Original comment by scude...@gmail.com
on 23 Feb 2012 at 4:01
Ok, so here's a patch that adds zread as a required function to
BaseAddressSpace, and includes basic implementations for any of the address
spaces that didn't include one.
I couldn't come up with a suitable base implementation for zread that would
generally apply, so it's currently just a virtual method that needs populating
in BaseAddressSpace...
Original comment by mike.auty@gmail.com
on 24 Feb 2012 at 8:36
Attachments:
Seriously? Monkeypatching? Why dont we just delegate zread to read for the base
class. Note that we have been using zread forever in the prodexedump etc
commands. Also zread really only makes sense in the virtual address spaces
because in the physical ones it doesnt really make sense to read outside the
mapped range (it would mean outside the file).
I think its enough to simply delegate zread to read in the base class, for
safety but in practice it will never be used.
Original comment by scude...@gmail.com
on 24 Feb 2012 at 8:41
Hey guys,
Thanks for pursuing this issue with me ;-)
OK so a few things...
Thanks for the data = self.v() or "" tip, I will incorporate that into the new
patch. This line is also very useful:
self.obj_vm.zread(self.obj_offset, self.length).decode("utf16-le",
"ignore").split("\x00", 1)[0]
I had to use "utf16" instead because it said "utf16-le" isn't a recognized
decoder on my machine. The reason I used ascii/backslashreplace is because
that's what windows._UNICODE_STRING was doing (see
http://code.google.com/p/volatility/source/browse/trunk/volatility/plugins/overl
ays/windows/windows.py#162). We've known for a while that we need to fix some
things for better unicode support, but I don't want to try and solve all
problems at once here (although that'd be awesome ;-))

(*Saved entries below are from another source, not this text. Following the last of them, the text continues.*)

//! Joining of the clauses that close the cubes of a check.

ghost use Rattle.std.specs.Prelude.{◌≡◌, ◌<◌, ◌^◌, ◌/◌, ℕ, List, [], ◌∷◌, Some, IfOk, length};
ghost use Rattle.cnf_base.specs.Literals.{Literal, positive_of, negative_of};
ghost use Rattle.smt_terms.specs.Terms.{IsTermList};
ghost use Rattle.proof_log.specs.Logs.{clause_at};
ghost use Rattle.proof_log.specs.Boards.{Grows};
ghost use Rattle.proof_log.specs.Stored.{Stands};
ghost use Rattle.cube_tree.specs.Closing.{first_of, Closes, AreClosing, HaveClauses};

use crate::resolvent::{has, hints_of, resolvent};
use crate::tree::Tree;
use cnf_base::{ClauseId, Lit, Pos};
use proof_log::Log;
use proof_log::entry::{Entry, Hints};
use smt_terms::terms::Terms;
use std::alloc::{AllocError, Global};

// The position of a clause that closes what two cubes have in common: the left one has the variable, the right one its
// opposite, and their other literals are the same. A clause without its cube's literal closes it as it stands.
fn resolve(
    alloc: Global,
    terms: &Terms,
    log: &mut Log,
    variable: u64,
    left: Pos,
    right: Pos,
) -> Result<Pos, AllocError>
    requires variable { (0 < variable) × (variable < 2 ^ 63) }
    requires listed { IsTermList terms.now.nodes }
    requires stands { Stands terms.now.nodes log.old }
    requires left { (c : List Literal) × (clause_at log.old.clauses (first_of left) ≡ Some c) }
    requires right { (c : List Literal) × (clause_at log.old.clauses (first_of right) ≡ Some c) }
    ensures stands { Stands terms.now.nodes log.new }
    ensures grows { Grows log.old.entries log.new.entries }
    ensures found { IfOk result (λ p. (c : List Literal)
        × (clause_at log.new.clauses (first_of p) ≡ Some c)) }
    ensures closes { IfOk result (λ p. (assumed cube : List Literal) →
        Closes (clause_at log.old.clauses) assumed (positive_of variable ∷ cube) left →
        Closes (clause_at log.old.clauses) assumed (negative_of variable ∷ cube) right →
        Closes (clause_at log.new.clauses) assumed cube p) }
{
    let literal = Lit::new(variable, false);
    let at_left = ClauseId { pos: left, part: 0 };
    let at_right = ClauseId {
        pos: right,
        part: 0,
    };
    let (Some(first), Some(second)) = (log.clause(at_left), log.clause(at_right)) else {
        unreachable!()
    };
    if !has(first.literals(), literal) {
        return Ok(left);
    }
    if !has(second.literals(), literal.negated()) {
        return Ok(right);
    }
    let clause = resolvent(alloc, first.literals(), second.literals(), literal)?;
    let names = hints_of(alloc, clause.literals(), literal, at_left, at_right)?;
    let hints = Hints::of(alloc, names.as_slice())?;
    let place = log.push(alloc, terms, Entry::Chain(clause, hints))?;
    Ok(place)
}

// Joins the cubes that differ in one variable alone, the first: cubes 2m and 2m + 1, whose other literals are those of
// cube m over the other variables.
fn join_pairs(
    alloc: Global,
    terms: &Terms,
    log: &mut Log,
    variable: u64,
    places: &[Pos],
) -> Result<Vec<Pos>, AllocError>
    requires variable { (0 < variable) × (variable < 2 ^ 63) }
    requires listed { IsTermList terms.now.nodes }
    requires stands { Stands terms.now.nodes log.old }
    requires clauses { HaveClauses (clause_at log.old.clauses) places.now }
    ensures stands { Stands terms.now.nodes log.new }
    ensures grows { Grows log.old.entries log.new.entries }
    ensures len { IfOk result (λ joined. length joined.items ≡ length places.now / 2) }
    ensures clauses { IfOk result (λ joined. HaveClauses (clause_at log.new.clauses) joined.items) }
    ensures closing { IfOk result (λ joined. (assumed : List Literal) (rest : List ℕ) →
        AreClosing (clause_at log.old.clauses) assumed (variable ∷ rest) places.now →
        AreClosing (clause_at log.new.clauses) assumed rest joined.items) }
{
    let mut joined = Vec::new(alloc);
    for m in 0..places.len() / 2 {
        let place = resolve(
            alloc,
            terms,
            log,
            variable,
            places[2 * m],
            places[2 * m + 1],
        )?;
        joined.push(place)?;
    }
    Ok(joined)
}

/// The position of a clause that closes the cube without a literal, from the position of one clause for each cube in the
/// order of the cubes' numbers: where each closes its cube, whatever literals are assumed, the answer has only opposites
/// of assumed ones. The log gains a chain for each resolvent, also where memory ends.
pub fn join(
    alloc: Global,
    tree: &Tree,
    terms: &Terms,
    log: &mut Log,
    closed: &[Pos],
) -> Result<Pos, AllocError>
    requires listed { IsTermList terms.now.nodes }
    requires stands { Stands terms.now.nodes log.old }
    requires each { length closed.now ≡ 2 ^ length tree.now }
    requires clauses { HaveClauses (clause_at log.old.clauses) closed.now }
    ensures stands { Stands terms.now.nodes log.new }
    ensures grows { Grows log.old.entries log.new.entries }
    ensures closes { IfOk result (λ p. (assumed : List Literal) →
        AreClosing (clause_at log.old.clauses) assumed tree.now closed.now →
        Closes (clause_at log.new.clauses) assumed [] p) }
{
    let mut places = Vec::from_slice(alloc, closed)?;
    for variable in tree.variables() {
        places = join_pairs(alloc, terms, log, *variable, places.as_slice())?;
    }
    Ok(places[0])
}
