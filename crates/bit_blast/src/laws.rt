//! What the circuits of terms mean.

ghost use Rattle.bit_blast.specs.Meanings.{BlocksAreCorrect, BlocksAreOrdered, BlocksAreSmall, BlocksExist, BlocksExtendAssignments, ClausesFixValues};

/// In every assignment in which each gate of a term's block has its meaning, the bits of the block are those of the
/// value that the term's operator gives of its arguments' values.
pub fn blocks_are_correct()
    ensures { BlocksAreCorrect }
{}

/// Each gate of a term's block stands after its inputs, so that an assignment of the variables so far goes on over the
/// block in exactly one way (`cnf_base` has this of every such row), and the block's bits are of variables that there are.
pub fn blocks_are_ordered()
    ensures { BlocksAreOrdered }
{}

/// In every assignment that makes variable 1 true and the clauses of a term's block true, the bits of the block are
/// those of the value that the term's operator gives of its arguments' values.
pub fn clauses_fix_values()
    ensures { ClausesFixValues }
{}

/// Every assignment of the variables so far goes on over a term's block in exactly one way, and the bits of the block
/// are then those of the value that the term's operator gives of its arguments' values.
pub fn blocks_extend_assignments()
    ensures { BlocksExtendAssignments }
{}

/// No term whose arguments have at most 128 bits has a block of more than 2^17 gates.
pub fn blocks_are_small()
    ensures { BlocksAreSmall }
{}

/// A term has a block where its operator is no declaration and no parameter and takes arguments of their sorts, and each
/// argument has as many bits as its sort.
pub fn blocks_exist()
    ensures { BlocksExist }
{}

So the latest patch has some improvements - may not be perfect yet but should
get us a little closer. The main difference is that UnicodeString.v() returns a
Unicode string and UnicodeString.__str__() returns an ascii backslash string.
This directly affects _UNICODE_STRING.v() and _UNICODE_STRING.__str__() in the
same way. Note: the filescan/mutantscan plugins that just print FileName.v()
will now output strings like u'filename' to the terminal. If we want the
ascii/backslash, it should be changed to str(FileName) or str(FileName.v())
At least in this state, we've fixed the crossing page boundaries issue and can
then focus on what needs to be done for better unicode encode/decode support.
Ikelos, thanks for picking up the zread part of this issue. Without applying
your volatility-zread.patch I would get this:
$ python vol.py -f ~/idt_sneaky.vmem printkey
Volatile Systems Volatility Framework 2.1_alpha
Legend: (S) = Stable (V) = Volatile
----------------------------
Registry: \Device\HarddiskVolume1\Documents and Settings\LocalService\Local
Settings\Application Data\Microsoft\Windows\UsrClass.dat
Traceback (most recent call last):
File "vol.py", line 135, in <module>
main()
File "vol.py", line 126, in main
command.execute()
File "/Users/Michael/volatility_trunk/volatility/commands.py", line 101, in execute
func(outfd, data)
File "/Users/Michael/volatility_trunk/volatility/plugins/registry/printkey.py", line 97, in render_text
outfd.write("Key name: {0} {1:3s}\n".format(key.Name, self.voltext(key)))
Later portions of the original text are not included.